Response submitted to Core Strategy Proposed Changes, Bath and NE Somerset Council www.bathnes.gov.

uk/corestrategy Change SPC88 08/05/2013 Rescue - The British Archaeological Trust is a non-political organisation dedicated to supporting archaeology and archaeologists in Britain and abroad. We do not receive any state support and are entirely dependent on the contributions of our members to support our work. We believe that change SPC88 to the Core Strategy for Bath and NorthEast Somerset will have an unacceptably negative impact on both the western Wansdyke Scheduled Ancient Monument and Bath World Heritage Site. Western Wansdyke forms part of a series of defensive, ditched and banked earthworks running from Maes Knoll in Somerset to Savernake Forest in Wiltshire. The line of the western Wandsyke is relatively clear throughout its length until it reaches the eastern terminus where it reaches the ridge south of Bath and disappears under the Cross Keys pub. Its route beyond there is unclear, and difficult to trace due to both natural topography and historical activities (e.g. Fullers Earth digging), therefore this easternmost part of the route is topographically important, as the last part that can be clearly seen and surveyed. Recent research into this monument has suggested that it may have its origins in the Middle Saxon period and therefore comparable with Offa's dyke, but such research is in its infancy and there is, as yet, no consensus on its date or the appropriate methodologies to study or understand it. The change to the core strategy in this area will destroy the open landscape context of the Wansdyke, which has already been lost immediately to the west of the proposed development area, and the construction of the new road scheme will risk causing physical damage to the monument itself.

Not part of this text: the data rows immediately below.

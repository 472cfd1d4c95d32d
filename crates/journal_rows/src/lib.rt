//! Rows of the journal and what it stands on: disks, records, checkpoints, recovery and replay, worked out by hand.
#![tactic(auto)]

#[cfg(test)]
mod copies;
#[cfg(test)]
mod crashes;
#[cfg(test)]
mod disks;
#[cfg(test)]
mod records;
#[cfg(test)]
mod recovered;
#[cfg(test)]
mod replayed;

Such monuments are vital to our understanding of our development as a nation from individual kingdoms, and defining and understanding the termini of these linear

monuments, is often key to interpreting the boundaries reflected by them. The loss of any part of this highly significant monument is unacceptable. Under the provisions of the Ancient Monuments and Archaeological Areas Act 1979, scheduled monuments are protected from destruction or disturbance and the impact on the setting of a Scheduled Monument by development is also a material consideration in the planning system. Any development in this area will have a serious impact on the landscape setting of the site even if full survey and excavation takes place as part of it (as it most certainly should under the provisions of the National Planning Policy Framework, the relevant planning guidance document). We believe that the current proposals to a change to the core strategy to include this area, conflict with the protection afforded to the monument by the 1979 Ancient Monuments and Archaeological Areas Monuments Act, and contravene the UK's commitments to the protection of the historic environment set out within the Valletta Convention (1992). The proposed development area also lies adjacent to a conservation area and an UNESCO World Heritage Site, both designations which afford protection to the adjacent built environment. World Heritage Sites are considered to be heritage assets of the highest significance (National Planning Policy Framework 132ff) and, as the UK is a state party to the World Heritage Convention, are recognised in International law. There are two examples of Case Law (Bath Society v. Secretary of State [1991] 2 P.L.R.51 and Coal Contractors Ltd v. Secretary of State [1995] J.P.L. 421) whereby the impact on a World Heritage Site has been deemed to be the most significant material consideration. Both cases were successfully found in favour of the WHS; and it is notable that the Coal Contractors v. Secretary of State related to the visual impact of opencast mining for only a short period (unlike permanently as here) within the setting of the WHS (i.e. outside its boundary, as in this case). The loss of the open land and the impact of 300 new buildings and the associated infrastructure will inevitably diminish the historical context of the southern part of the city of Bath, and bring the UK's commitment to its Heritage Assets into question.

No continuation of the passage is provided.